Larry Dean Harmon of Ohio has admitted to operating Helix from 2014 to 2017, in addition to the Darknet search engine known as Grams. Helix conspired with Darknet markets, including AlphaBay, Evolution and Cloud 9, to launder money. According to the DOJ, Helix moved over 350,000 bitcoin, which was valued at over $300 million at the time of the transactions.
“Harmon admitted that he conspired with Darknet vendors to launder bitcoin generated through drug trafficking and other illegal activities,” said Assistant Director in Charge Steven M. D’Antuono of the FBI’s Washington Field Office in a statement. “Today’s guilty plea demonstrates the FBI’s commitment to infiltrate and shut down the cryptocurrency money-laundering networks that support cyber-criminal enterprises.”

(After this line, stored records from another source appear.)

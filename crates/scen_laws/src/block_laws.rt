//! Laws over the definitions of scenarios and histories.

ghost use Rattle.scen_laws.specs.BlockLaws.{BlocksDivide, BlocksFill, HistoriesAreBlocks, HistoriesGoOn, RowsSplit, ValuesOfStages};

/// The values of variables in two parts: each row of the first part, followed by each of the second.
pub fn rows_split()
    ensures law { RowsSplit }
{}

/// The histories of the next stage are those of a stage, each followed by all that is seen after it.
pub fn histories_go_on()
    ensures law { HistoriesGoOn }
{}

/// The blocks of a stage are all scenarios.
pub fn blocks_fill()
    ensures law { BlocksFill }
{}

/// A block has one block of the next stage for each row of the stage's variables.
pub fn blocks_divide()
    ensures law { BlocksDivide }
{}

/// The scenarios of a block have the block's history.
pub fn histories_are_blocks()
    ensures law { HistoriesAreBlocks }
{}

/// In a block of the next stage, the variables of a stage have the values of one row.
pub fn values_of_stages()
    ensures law { ValuesOfStages }
{}
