ghost use Rattle.std.specs.Prelude.{◌≡◌, ℤ, List, Some};
ghost use Rattle.sopl_ast.specs.Instances.{Problem};
ghost use Rattle.sopl_ast.specs.Cells.{cells, IsPoint, policy_at};
ghost use Rattle.sopl_ast.specs.Optimal.{Satisfies, numerator, IsOptimal, IsInfeasible};
ghost use Rattle.policy_tree.specs.Best.{NoPointIsBetter, NoPointSatisfies};

/// A point that satisfies, and that no point that satisfies is better than, is an optimal policy.
pub fn optimal_from()
    ensures optimal { (problem : Problem) (values : List ℤ) (value : ℤ)
        → IsPoint (cells problem) values
        → Satisfies problem (policy_at (cells problem) values)
        → numerator problem (policy_at (cells problem) values) ≡ Some value
        → NoPointIsBetter problem value
        → IsOptimal problem (policy_at (cells problem) values) value }
{}

/// Where no point satisfies, no policy does.
pub fn infeasible_from()
    ensures infeasible { (problem : Problem) → NoPointSatisfies problem → IsInfeasible problem }
{}
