ghost use Rattle.std.specs.Prelude.{◌≡◌, ℕ, ℤ, List, Some, slice_get};
ghost use Rattle.std.specs.FinMap.{get};
ghost use Rattle.sopl_ast.specs.Instances.{Problem};
ghost use Rattle.sopl_ast.specs.Policies.{Policy, IsPolicy};
ghost use Rattle.sopl_ast.specs.Cells.{Cell, cells, IsPoint, policy_at};

/// Each point of a problem's cells is a policy of the problem.
pub fn points_are_policies()
    ensures policy { (problem : Problem) (values : List ℤ)
        → IsPoint (cells problem) values
        → IsPolicy problem (policy_at (cells problem) values) }
{}

/// Each policy of a problem is a point of its cells.
pub fn policies_are_points()
    ensures point { (problem : Problem) (policy : Policy) → IsPolicy problem policy
        → (values : List ℤ) × IsPoint (cells problem) values
        × (policy ≡ policy_at (cells problem) values) }
{}

/// Different points are different policies.
pub fn points_differ()
    ensures once { (problem : Problem) (xs ys : List ℤ)
        → IsPoint (cells problem) xs → IsPoint (cells problem) ys
        → policy_at (cells problem) xs ≡ policy_at (cells problem) ys → xs ≡ ys }
{}

/// The policy of a point has at the key of each cell the value that the point has for the cell.
pub fn cell_value()
    ensures value { (problem : Problem) (values : List ℤ) (i : ℕ) (cell : Cell) (v : ℤ)
        → slice_get (cells problem) i ≡ Some cell → slice_get values i ≡ Some v
        → get (policy_at (cells problem) values) cell.key ≡ Some v }
{}
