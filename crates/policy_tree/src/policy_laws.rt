ghost use Rattle.std.specs.Prelude.{◌≡◌, ◌≢◌, ℕ, ℤ, List};
ghost use Rattle.sopl_base.specs.Better.{IsBetter};
ghost use Rattle.sopl_base.specs.declared.direction.Direction.TheVariants.{Nothing};
ghost use Rattle.sopl_ast.specs.Instances.{Binding, Problem};
ghost use Rattle.sopl_ast.specs.Scenarios.{Scenario};
ghost use Rattle.sopl_ast.specs.Policies.{Policy};
ghost use Rattle.sopl_ast.specs.Meanings.{decided_value};
ghost use Rattle.sopl_ast.specs.Optimal.{place_in, numerator, direction_of, IsOptimal};
ghost use Rattle.policy_tree.specs.Seen.{IsSeenAlike};

/// All optimal policies of a problem are worth the same.
pub fn value_is_one()
    ensures neither { (problem : Problem) (a b : Policy) (x y : ℤ)
        → IsOptimal problem a x → IsOptimal problem b y
        → ¬ IsBetter (direction_of problem) x y }
    ensures value { (problem : Problem) (a b : Policy) (x y : ℤ)
        → direction_of problem ≢ Nothing
        → IsOptimal problem a x → IsOptimal problem b y → x ≡ y }
    ensures numerator { (problem : Problem) (a b : Policy) (x y : ℤ)
        → direction_of problem ≢ Nothing
        → IsOptimal problem a x → IsOptimal problem b y
        → numerator problem a ≡ numerator problem b }
{}

/// A policy gives a decision the same value in scenarios that look the same when it is chosen.
pub fn history_shares()
    ensures shares { (problem : Problem) (policy : Policy) (bound : List Binding)
        (name : List ℕ) (index : List ℤ) (s t : Scenario)
        → IsSeenAlike problem name index s t
        → decided_value name index (place_in problem policy bound s)
        ≡ decided_value name index (place_in problem policy bound t) }
{}
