//! What holds of the scenarios, the histories and the limits of stochastic variables, and how scenarios lie in blocks, one for each
//! history of a stage. The functions are empty and state what was proved of the definitions, so that no body here could be wrong; hence
//! the crate has no must-fail edits.
//! There is nothing to test.
#![tactic(auto)]

mod block_laws;
mod laws;

pub use block_laws::{
    blocks_divide, blocks_fill, histories_are_blocks, histories_go_on, rows_split, values_of_stages,
};
pub use laws::{
    counts_multiply, histories_are_prefixes, histories_are_rows, prefixes_are_fewer, products_run,
    rows_are_numbered, rows_differ, scenarios_are_counted, scenarios_are_light, scenarios_extend,
    scenarios_split, stochastics_ascend, weights_multiply,
};
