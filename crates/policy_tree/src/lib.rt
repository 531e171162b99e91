//! Points of the cells and policies are one to one, and what a search of the points says of the policies.
//! There are no must-fail edits, since no body here could be wrong: the laws are over definitions alone.
//! There is nothing to test.
#![tactic(auto)]

mod one_to_one;
mod policy_laws;
mod search_laws;
mod worked;

pub use one_to_one::{cell_value, points_are_policies, points_differ, policies_are_points};
pub use policy_laws::{history_shares, value_is_one};
pub use search_laws::{infeasible_from, optimal_from};
pub use worked::worked_values;
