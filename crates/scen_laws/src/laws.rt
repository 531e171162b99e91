//! Laws over the definitions of scenarios.

ghost use Rattle.scen_laws.specs.Laws.{CountsMultiply, PrefixesAreFewer, HistoriesArePrefixes, HistoriesAreRows, ProductsRun, RowsAreNumbered, RowsDiffer, ScenariosAreCounted};
ghost use Rattle.scen_laws.specs.Laws.{ScenariosAreLight, ScenariosExtend, ScenariosSplit, StochasticsAscend, WeightsMultiply};

/// The stochastic variables of a text are by stage.
pub fn stochastics_ascend()
    ensures law { StochasticsAscend }
{}

/// Scenarios of variables in two parts are those of the first part, each followed by those of the second.
pub fn scenarios_split()
    ensures law { ScenariosSplit }
{}

/// With one more variable, each scenario of the variables before it goes on with each of its outcomes.
pub fn scenarios_extend()
    ensures law { ScenariosExtend }
{}

/// How many scenarios variables in two parts have.
pub fn scenarios_are_counted()
    ensures law { ScenariosAreCounted }
{}

/// A prefix of the variables has a scenario, and no more than all of them.
pub fn prefixes_are_fewer()
    ensures law { PrefixesAreFewer }
{}

/// A scenario of a prefix of the variables weighs no more than all scenarios.
pub fn scenarios_are_light()
    ensures law { ScenariosAreLight }
{}

/// No two scenarios have the same values.
pub fn rows_differ()
    ensures law { RowsDiffer }
{}

/// The number of a list among lists of which no two are the same.
pub fn rows_are_numbered()
    ensures law { RowsAreNumbered }
{}

/// What a scenario has seen when a stage is chosen is a prefix of its values.
pub fn histories_are_prefixes()
    ensures law { HistoriesArePrefixes }
{}

/// The histories of a stage are the scenarios of the variables of the stages below it.
pub fn histories_are_rows()
    ensures law { HistoriesAreRows }
{}

/// The weight of all scenarios is a product.
pub fn weights_multiply()
    ensures law { WeightsMultiply }
{}

/// The number of scenarios is a product.
pub fn counts_multiply()
    ensures law { CountsMultiply }
{}

/// The first prefix whose product passes a limit, by running products.
pub fn products_run()
    ensures law { ProductsRun }
{}
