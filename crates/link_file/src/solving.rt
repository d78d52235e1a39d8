// The call that a file asks for.
ghost use Rattle.std.specs.Prelude.{◌≡◌};
ghost use Rattle.answers.specs.Answers.{answer_by, unpeeled_of};
ghost use Rattle.link_file.specs.Text.{served_file};

use answers::Unpeeled;
use link_form::{Kind, ServedFile};

// Solves by the call of the kind.
pub fn solve(file: &ServedFile, solution: &mut [u64]) -> Result<(), Unpeeled>
    ensures value { answer_by unpeeled_of result ≡ (served_file file.now solution.old).answer }
    ensures solution_after { solution.new ≡ (served_file file.now solution.old).values }
{
    if file.form.kind == Kind::Peel {
        return link_edges::solve_edges(file, solution);
    }
    Ok(link_rows::solve_rows(file, solution)?)
}
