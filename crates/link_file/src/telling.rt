// The lines of an answer.
ghost use Rattle.std.specs.Prelude.{◌≡◌, ◌+◌, ◌≤◌, length};
ghost use Rattle.areas.specs.Stretch.{zeros};
ghost use Rattle.link_form.specs.File.{read_file, form_of};
ghost use Rattle.link_form.specs.Forms.{described_by};
ghost use Rattle.link_form.specs.Kinds.{number_of_kind};
ghost use Rattle.link_lines.specs.Outcomes.{outcome_text};
ghost use Rattle.link_lines.specs.Text.{Adds};
ghost use Rattle.link_file.specs.Text.{served_file, file_link, answered, most_outcome};

use crate::solving::solve;
use answers::Refusal;
use link_form::{Form, MOST_VARIABLES, ServedFile};
use link_lines::Text;

// Solves in the cells that are lent, and writes the outcome.
fn solve_and_write(file: &ServedFile, solution: &mut [u64], text: &mut Text)
    requires cells { length solution.old ≡ file.now.form.n }
    requires room { text.old.end + most_outcome ≤ length text.old.out.now }
    ensures { Adds (outcome_text (served_file file.now solution.old)) text.old text.new }
{
    let answer = solve(file, solution);
    text.outcome(&answer, solution);
}

// Lends n cells, all zero.
fn write_served(file: &ServedFile, text: &mut Text)
    requires { text.old.end + most_outcome ≤ length text.old.out.now }
    ensures { Adds (outcome_text (served_file file.now (zeros file.now.form.n))) text.old text.new }
{
    let mut solution = [0; MOST_VARIABLES];
    solve_and_write(file, &mut solution[..file.form.n], text);
}

// Writes the answer for a file that is described: 1 for a size above the largest, before any call.
pub fn write_answer(bytes: &[u8], form: &Form, text: &mut Text)
    requires read { form_of (read_file bytes.now) ≡ described_by form.now }
    requires room { text.old.end + most_outcome ≤ length text.old.out.now }
    ensures { Adds (outcome_text (answered (file_link (number_of_kind form.now.kind) form.now.n form.now.m bytes.now))) text.old text.new }
{
    if form.is_served() {
        let file = ServedFile { bytes, form: *form };
        write_served(&file, text);
    } else {
        text.refusal(&Err::<(), Refusal>(Refusal::TooLarge));
    }
}
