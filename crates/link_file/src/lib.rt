// The file program on slices: the bytes of a link file in, the text of its answer out.
#![tactic(auto)]

ghost use Rattle.std.specs.Prelude.{◌≡◌, ◌+◌, ◌<◌, ◌≤◌, ◌↔◌, length, IsNone, IfSome};
ghost use Rattle.link_lines.specs.Text.{Adds};
ghost use Rattle.link_file.specs.Text.{link_text, most_text, link_call, written_of};

use link_form::VERSION;
use link_lines::Text;

mod solving; // the call that a file asks for
mod telling; // the lines of its answer

// No text is longer.
pub const MOST_TEXT: usize = 10882;

fn write_text(bytes: &[u8], text: &mut Text)
    requires { text.old.end + most_text ≤ length text.old.out.now }
    ensures { Adds (link_text bytes.now) text.old text.new }
{
    let read = link_form::read_form(bytes);
    match &read {
        Err(_) => text.refusal(&read),
        Ok(form) => {
            text.header_line(VERSION, u64::from(form.kind), form.n, form.m);
            telling::write_answer(bytes, form, text);
        }
    }
}

// Writes the text for a file, and says how long it is; `None` and nothing where `out` is shorter than MOST_TEXT.
pub fn link_file(bytes: &[u8], out: &mut [u8]) -> Option<usize>
    ensures value { written_of result ≡ (link_call bytes.now out.old).written }
    ensures within { IfSome result (λ end. end ≤ length out.new) }
    ensures none { IsNone result ↔ (length out.old < most_text) }
    ensures out_after { out.new ≡ (link_call bytes.now out.old).out }
{
    if out.len() < MOST_TEXT {
        return None;
    }
    let mut text = Text { out, end: 0 };
    write_text(bytes, &mut text);
    Some(text.end)
}
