//! The one door for callers: the public calls and types, by name, and nothing else.
#![tactic(auto)]

pub use checking::check;
pub use checking::cursor::Cursor;
pub use codec::item::Level;
pub use compare::area::Area;
pub use compare::begin::{oust, take};
pub use compare::claim::{Apart, ApartClaim, Claim, Comparing, ConcludedApart, Lease, Numbers};
pub use compare::conclude::{Concluded, conclude, give_up};
pub use compare::phase::{Kind, Verdict};
pub use compare::step::{MOST_STEPS, step};
pub use compare::trail::trail;
pub use document::document::{LEVELS, document};
pub use domain::coverage::{Coverage, Range};
pub use domain::domain::Domain;
pub use domain::joint::{Joint, MIDDLE};
pub use domain::keywords::Keywords;
pub use history::open::open;
pub use refusal::fault::{Fault, Layer, Refusal};
pub use refusal::words::word;
pub use samples::node::NodeKey;
pub use samples::size::LONGEST;
pub use schema::live::live;
pub use schema::tables::Schema;
pub use search::pairs::{ROW_PAIRS, RowPair};
pub use trim::trim;
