//! The main call that the first word names.

ghost use Rattle.std.specs.Prelude.{◌≡◌, ℕ, List, IfSome, true};
ghost use Rattle.fault_decider.specs.Promise.{NeverBreaksLater};
ghost use Rattle.program_call.specs.Call.{devices};
ghost use Rattle.scald.specs.Named.{IsAnswerOf, call_of, status_of};
ghost use Rattle.scald_tool.specs.Promise.{has_report};
ghost use Rattle.section_compose.specs.Promise.{NeverBreaksJoined};
ghost use Rattle.timing_analysis.specs.Promise.{FaultlessNeverBreaks, NeverBreaks};

use draw_report::{DrawOutcome, draw_main, draw_status};
use drawing_notes::notes_main;
use fault_chain::chain_main;
use fault_decider::{DecideOutcome, decide_main, decide_status};
use margin_report::margin_main;
use netlist_import::{ImportOutcome, import_main, import_status};
use scald_base::{Outcome, Sink, Source, Words};
use scald_tool::{Omissions, status, tool_main};
use section_compose::{SectionsOutcome, sections_main, sections_status};
use slack_report::slack_main;
use std::alloc::Global;
use trace_tool::{TraceOutcome, trace_main, trace_status};

/// A main call.
#[derive(Clone, Copy, PartialEq, Eq, Debug)]
pub enum Call {
    /// That of the verifier.
    Tool,
    /// That of the notes.
    Notes,
    /// That of the margins.
    Margins,
    /// That of the chains.
    Chains,
    /// That of the slacks.
    Slacks,
    /// That of sections.
    Sections,
    /// That of decisions.
    Decisions,
    /// That of the simulator.
    Simulator,
    /// That of pictures.
    Pictures,
    /// That of the import of netlists.
    Importer,
}

/// What a main call answers: to one drawing, to several, of its faults, of a run, by a picture, or to
/// a netlist.
#[derive(Clone, Copy)]
pub enum Answer {
    Drawing(Outcome),
    Sections(SectionsOutcome),
    Faults(DecideOutcome),
    Run(TraceOutcome),
    Picture(DrawOutcome),
    Netlist(ImportOutcome),
}

impl Answer {
    /// The status of its outcome.
    pub fn status(&self) -> u8
        ensures { result ≡ status_of self.now }
    {
        match self {
            Answer::Drawing(outcome) => status(outcome),
            Answer::Sections(outcome) => sections_status(outcome),
            Answer::Faults(outcome) => decide_status(outcome),
            Answer::Run(outcome) => trace_status(outcome),
            Answer::Picture(outcome) => draw_status(outcome),
            Answer::Netlist(outcome) => import_status(outcome),
        }
    }
}

/// The main call that the first word names, or that of the verifier if it names none or there is
/// none.
fn call_of(words: &Words) -> Call
    ensures { result ≡ call_of words.now }
{
    let [first, ..] = words.as_slice() else {
        return Call::Tool;
    };
    if first.as_slice() == b"notes".as_slice() {
        Call::Notes
    } else if first.as_slice() == b"margins".as_slice() {
        Call::Margins
    } else if first.as_slice() == b"chains".as_slice() {
        Call::Chains
    } else if first.as_slice() == b"slack".as_slice() {
        Call::Slacks
    } else if first.as_slice() == b"explain".as_slice() {
        Call::Slacks
    } else if first.as_slice() == b"sections".as_slice() {
        Call::Sections
    } else if first.as_slice() == b"decide".as_slice() {
        Call::Decisions
    } else if first.as_slice() == b"run".as_slice() {
        Call::Simulator
    } else if first.as_slice() == b"vcd".as_slice() {
        Call::Simulator
    } else if first.as_slice() == b"judge".as_slice() {
        Call::Simulator
    } else if first.as_slice() == b"draw".as_slice() {
        Call::Pictures
    } else if first.as_slice() == b"import".as_slice() {
        Call::Importer
    } else {
        Call::Tool
    }
}

/// The answer of the main call that the first word names, to all words. `omissions` are as
/// `tool_main` counts them.
pub fn answer_to<S: Source, K: Sink>(
    alloc: Global,
    words: &Words,
    source: &mut S,
    sink: &mut K,
    omissions: &mut Omissions,
) -> Answer
    ensures call { IsAnswerOf (call_of words.now) words.now result
        (devices S.left S.faults K.taken K.faults) source.old source.new sink.old sink.new }

    // No fault, no break: in every run of the circuit that the text draws, from the printed tick
    // on.
    ensures clean { IfSome (S.left source.old) (λ text. call_of words.now ≡ Call.Tool →
        result ≡ Answer.Drawing Outcome.Clean → NeverBreaks text) }
    ensures faultless { IfSome (S.left source.old) (λ text. (o : Outcome) →
        call_of words.now ≡ Call.Tool → result ≡ Answer.Drawing o → has_report o ≡ true →
        FaultlessNeverBreaks text) }

    // The same of `slack` and `explain`, if no limit is broken.
    ensures met { IfSome (S.left source.old) (λ text. call_of words.now ≡ Call.Slacks →
        result ≡ Answer.Drawing Outcome.Clean → NeverBreaks text) }

    // The same of `decide` from a later tick on, if every fault is refuted.
    ensures decided { IfSome (S.left source.old) (λ text. call_of words.now ≡ Call.Decisions →
        result ≡ Answer.Faults DecideOutcome.Settled → NeverBreaksLater text) }

    // The same of the whole that sections make.
    ensures joined { IfSome (S.left source.old) (λ text. call_of words.now ≡ Call.Sections →
        result ≡ Answer.Sections SectionsOutcome.Clean → NeverBreaksJoined text) }
{
    match call_of(words) {
        Call::Tool => Answer::Drawing(tool_main(alloc, words, source, sink, omissions)),
        Call::Notes => Answer::Drawing(notes_main(alloc, words, source, sink)),
        Call::Margins => Answer::Drawing(margin_main(alloc, words, source, sink)),
        Call::Chains => Answer::Drawing(chain_main(alloc, words, source, sink)),
        Call::Slacks => Answer::Drawing(slack_main(alloc, words, source, sink)),
        Call::Sections => Answer::Sections(sections_main(alloc, words, source, sink)),
        Call::Decisions => Answer::Faults(decide_main(alloc, words, source, sink)),
        Call::Simulator => Answer::Run(trace_main(alloc, words, source, sink)),
        Call::Pictures => Answer::Picture(draw_main(alloc, words, source, sink)),
        Call::Importer => Answer::Netlist(import_main(alloc, words, source, sink)),
    }
}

The DOJ first brought the case against Harmon in February. It coordinated its investigation with the Financial Crimes Enforcement Network (FinCEN), which separately levied a $60 million civil penalty against Harmon for violations of the Bank Secrecy Act through Helix.
The plea will see Harmon forfeit more than 4,400 bitcoin valued at more than $200 million today. He is awaiting sentencing, facing a maximum penalty of 20 years in prison, a term of supervised release and a fine of $500,000 or twice the value of the property involved in the transaction.